Ben Smith: I think the biggest lesson, which isn't solely about news is just the extent to which every technology, every technique, every form can be used by people with totally different motives for different reasons and that these surges of utopianism or I suppose doom saying about shifts in technology. These things are morally neutral but I think we were incredibly utopian about the promise of digital media without seeing that it could be used in all different directions.
The other one for me is that I don't think news is a good business for venture capitalists to invest in. There was a pressure on us to grow really fast, to grow explosively, to build a business that could return many, many times its investment very fast. I think news can be a good business if you do a really good job and are very careful about how you run it and can really provide good returns to good investors but it's not something where venture capitalists should be looking to throw in millions of dollars and see it multiply by a hundred over a period of a couple of years.
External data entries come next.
ghost use Rattle.std.specs.Prelude.{◌≡◌, ◌<◌, ◌==◌, ◌&&◌, [], ◌∷◌, length, drop, slice_index, option_map, IfOk, OnErr, MatchOption};
ghost use Rattle.std.specs.List.{take_while, prefix_len};
ghost use Rattle.sc_types.specs.Descriptors.{is_white_space};
ghost use Rattle.sc_base.specs.Text.{is_digit};
ghost use Rattle.sc_types.specs.Tokens.{tokens, op_text, mark_text, op_at, mark_at, bad, read_sign, is_word_byte, run_token, read_token, read_run, read_negative, escape, is_quote, is_plain_byte, quoted, read_quoted, first_token, without_white};

use crate::number::{negative, positive};
use sc_base::{Bytes, NoMemory, is_text_within};
use sc_types::{Mark, Op, Profile, Token};
use std::alloc::Global;
use std::marker::Model;

/// Takes one token after the other from the front of a text. Contracts see it as the tokens that are ahead. Where
/// numbers may be signed, a `-` right before a digit belongs to the number.
#[derive(Drop)]
pub(crate) struct Lexer<'a> {
    rest: &'a [u8],
    profile: Profile,
    signed: bool,
}

impl<'a> Model for Lexer<'a> {
    ghost use Rattle.std.specs.Prelude.{List};
    ghost use Rattle.sc_types.specs.Tokens.{tokens};
    ghost use Rattle.sc_types.specs.declared.token.Token.{Token};

    ghost Value = { List Token };

    ghost view = { λ l. tokens l.profile l.signed l.rest.now };
}

impl<'a> Lexer<'a> {
    pub(crate) fn new(text: &'a [u8], profile: Profile, signed: bool) -> Lexer<'a>
        ensures { result ≡ tokens profile signed text.now }
    {
        Lexer {
            rest: text,
            profile,
            signed,
        }
    }

    /// The next token; `None` at the end. Behind a bad token nothing is read.
    pub(crate) fn next(&mut self, alloc: Global) -> Result<Option<Token>, NoMemory>
        ensures ok { IfOk result (λ token. MatchOption token ((self.old ≡ []) × (self.new ≡ []))
            (λ t. self.old ≡ t ∷ self.new)) }
        ensures err { OnErr result (self.new ≡ self.old) }
    {
        let text = without_white(self.rest);
        if text.is_empty() {
            self.rest = text;
            return Ok(None);
        }
        let (token, behind) = first_token(alloc, text, self.profile, self.signed)?;
        self.rest = behind;
        Ok(Some(token))
    }
}

pub(crate) fn is_white_space(byte: u8) -> bool
    ensures { result ≡ is_white_space byte }
{
    matches!(byte, b' ' | b'\t' | b'\n' | b'\r')
}

fn is_word_byte(byte: u8) -> bool
    ensures { result ≡ is_word_byte byte }
{
    byte.is_ascii_alphanumeric() || byte == b'_'
}

#[tactic(auto, using(crate::proofs::RunLemmas::front))]
fn white_len(text: &[u8]) -> usize
    ensures { result ≡ prefix_len is_white_space text.now }
{
    text.iter().take_while(|b| is_white_space(**b)).count()
}

#[tactic(auto, using(crate::proofs::RunLemmas::front))]
fn run_len(text: &[u8]) -> usize
    ensures { result ≡ prefix_len is_word_byte text.now }
{
    text.iter().take_while(|b| is_word_byte(**b)).count()
}

#[tactic(auto, using(crate::proofs::RunLemmas::front))]
fn without_white(text: &[u8]) -> &[u8]
    ensures { result.now ≡ without_white text.now }
{
    &text[white_len(text)..]
}

fn bad<'a>() -> (Token, &'a [u8])
    ensures { (result.0, result.1.now) ≡ bad }
{
    (Token::Bad, &[])
}

/// A token that was read with what stands behind it.
fn read_token(token: Token, behind: &[u8]) -> (Token, &[u8])
    ensures { (result.0, result.1.now) ≡ read_token token behind.entry.now }
{
    match token {
        Token::Bad => bad(),
        token => (token, behind),
    }
}

/// The token at the front of a text that does not begin with white space, and what stands behind it.
fn first_token(
    alloc: Global,
    text: &[u8],
    profile: Profile,
    signed: bool,
) -> Result<(Token, &[u8]), NoMemory>
    requires { 0 < length text.now }
    ensures { IfOk result (λ r. (r.0, r.1.now)
        ≡ first_token profile signed (slice_index text.entry.now 0) (drop 1 text.entry.now)) }
{
    let first = text[0];
    let behind = &text[1..];
    if is_quote(first) {
        return read_quoted(alloc, profile, first, behind);
    }
    if is_word_byte(first) {
        return read_run(alloc, text);
    }
    if begins_negative(signed, first, behind) {
        return Ok(read_negative(behind));
    }
    Ok(read_sign(text))
}

fn is_quote(byte: u8) -> bool
    ensures { result ≡ is_quote byte }
{
    byte == b'\'' || byte == b'"'
}

fn begins_with_digit(text: &[u8]) -> bool
    ensures { result ≡ is_digit (slice_index text.now 0) }
{
    match text {
        [first, ..] => first.is_ascii_digit(),
        [] => false,
    }
}

fn begins_negative(signed: bool, first: u8, behind: &[u8]) -> bool
    ensures { result ≡ signed && first == 45 && is_digit (slice_index behind.now 0) }
{
    signed && first == b'-' && begins_with_digit(behind)
}

fn run_token(alloc: Global, run: &[u8]) -> Result<Token, NoMemory>
    ensures { IfOk result (λ token. token ≡ run_token run.now) }
{
    if begins_with_digit(run) {
        return Ok(positive(run));
    }
    Ok(Token::Word(Bytes::from_slice(alloc, run)?))
}

#[tactic(auto, using(crate::proofs::RunLemmas::front))]
fn read_run(alloc: Global, text: &[u8]) -> Result<(Token, &[u8]), NoMemory>
    ensures { IfOk result (λ r. (r.0, r.1.now) ≡ read_run text.entry.now) }
{
    let length = run_len(text);
    let token = run_token(alloc, &text[..length])?;
    Ok(read_token(token, &text[length..]))
}

#[tactic(auto, using(crate::proofs::RunLemmas::front))]
fn read_negative(text: &[u8]) -> (Token, &[u8])
    ensures { (result.0, result.1.now) ≡ read_negative text.entry.now }
{
    let length = run_len(text);
    read_token(negative(&text[..length]), &text[length..])
}

fn op_at(text: &[u8]) -> Option<Op>
    ensures { result ≡ op_at text.now }
{
    OPS.iter()
        .copied()
        .find(|op| text.starts_with(op_text(*op)))
}

fn mark_at(text: &[u8]) -> Option<Mark>
    ensures { result ≡ mark_at text.now }
{
    MARKS
        .iter()
        .copied()
        .find(|mark| text.starts_with(mark_text(*mark)))
}

fn read_sign(text: &[u8]) -> (Token, &[u8])
    ensures { (result.0, result.1.now) ≡ read_sign text.entry.now (op_at text.entry.now) }
{
    if let Some(op) = op_at(text) {
        return (Token::Operator(op), &text[op_text(op).len()..]);
    }
    if let Some(mark) = mark_at(text) {
        return (Token::Mark(mark), &text[mark_text(mark).len()..]);
    }
    bad()
}

fn read_quoted(
    alloc: Global,
    profile: Profile,
    quote: u8,
    text: &[u8],
) -> Result<(Token, &[u8]), NoMemory>
    ensures { IfOk result (λ r. (r.0, r.1.now) ≡ read_quoted profile (quoted quote text.entry.now)) }
{
    match quoted(alloc, quote, text)? {
        Some((content, behind)) if is_text_within(content.slice(), profile.text_limit()) => {
            Ok((Token::Text(content), behind))
        }
        _ => Ok(bad()),
    }
}

/// What stands up to the closing quote, with the escapes read, and what stands behind that quote.
fn quoted(alloc: Global, quote: u8, text: &[u8]) -> Result<Option<(Bytes, &[u8])>, NoMemory>
    ensures { IfOk result (λ q. option_map (λ q. (q.0, q.1.now)) q ≡ quoted quote text.entry.now) }
{
    let mut content = Bytes::new(alloc);
    let mut rest = text;
    while let [byte, behind @ ..] = rest {
        if *byte == quote {
            return Ok(Some((content, behind)));
        }
        if *byte == b'\\' {
            let [escaped, behind @ ..] = behind else {
                return Ok(None);
            };
            let Some(meant) = escape(*escaped) else {
                return Ok(None);
            };
            content.push(meant)?;
            rest = behind;
        } else if is_plain_byte(*byte) {
            content.push(*byte)?;
            rest = behind;
        } else {
            return Ok(None);
        }
    }
    Ok(None)
}

fn is_plain_byte(byte: u8) -> bool
    ensures { result ≡ is_plain_byte byte }
{
    byte >= 0x20 && byte != 0x7f
}

/// What a backslash and this byte stand for.
fn escape(byte: u8) -> Option<u8>
    ensures { result ≡ escape byte }
{
    match byte {
        b'\\' => Some(b'\\'),
        b'\'' => Some(b'\''),
        b'"' => Some(b'"'),
        b'n' => Some(b'\n'),
        b't' => Some(b'\t'),
        _ => None,
    }
}

/// The longer ones first.
const OPS: [Op; 13] = [
    Op::Or,
    Op::And,
    Op::Eq,
    Op::Ne,
    Op::Le,
    Op::Ge,
    Op::Lt,
    Op::Gt,
    Op::Add,
    Op::Sub,
    Op::Mul,
    Op::Div,
    Op::Rem,
];

const MARKS: [Mark; 7] = [
    Mark::Not,
    Mark::Open,
    Mark::Close,
    Mark::OpenSquare,
    Mark::CloseSquare,
    Mark::Comma,
    Mark::Dot,
];

pub(crate) fn op_text(op: Op) -> &'static [u8]
    ensures { result.now ≡ op_text op }
{
    match op {
        Op::Or => b"||",
        Op::And => b"&&",
        Op::Eq => b"==",
        Op::Ne => b"!=",
        Op::Lt => b"<",
        Op::Le => b"<=",
        Op::Gt => b">",
        Op::Ge => b">=",
        Op::Add => b"+",
        Op::Sub => b"-",
        Op::Mul => b"*",
        Op::Div => b"/",
        Op::Rem => b"%",
    }
}

fn mark_text(mark: Mark) -> &'static [u8]
    ensures { result.now ≡ mark_text mark }
{
    match mark {
        Mark::Not => b"!",
        Mark::Open => b"(",
        Mark::Close => b")",
        Mark::OpenSquare => b"[",
        Mark::CloseSquare => b"]",
        Mark::Comma => b",",
        Mark::Dot => b".",
    }
}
Brooke Gladstone: So you need millionaires who think it would be fun to make a newspaper?
Ben Smith: Hasn't that always to some degree been the case?
Brooke Gladstone: Ben, thank you very much.
Ben Smith: Thank you, Brooke.
Brooke Gladstone: Ben Smith is the editor-in-chief and co-founder of Semafor and author of the new book, Traffic. Thanks for listening to the midweek podcast. The big show posts Friday in which OTM correspondent Micah Loewinger reports on the journalistically ethical conundrum of being called on to testify for the feds and it gets personal. I'm Brooke Gladstone.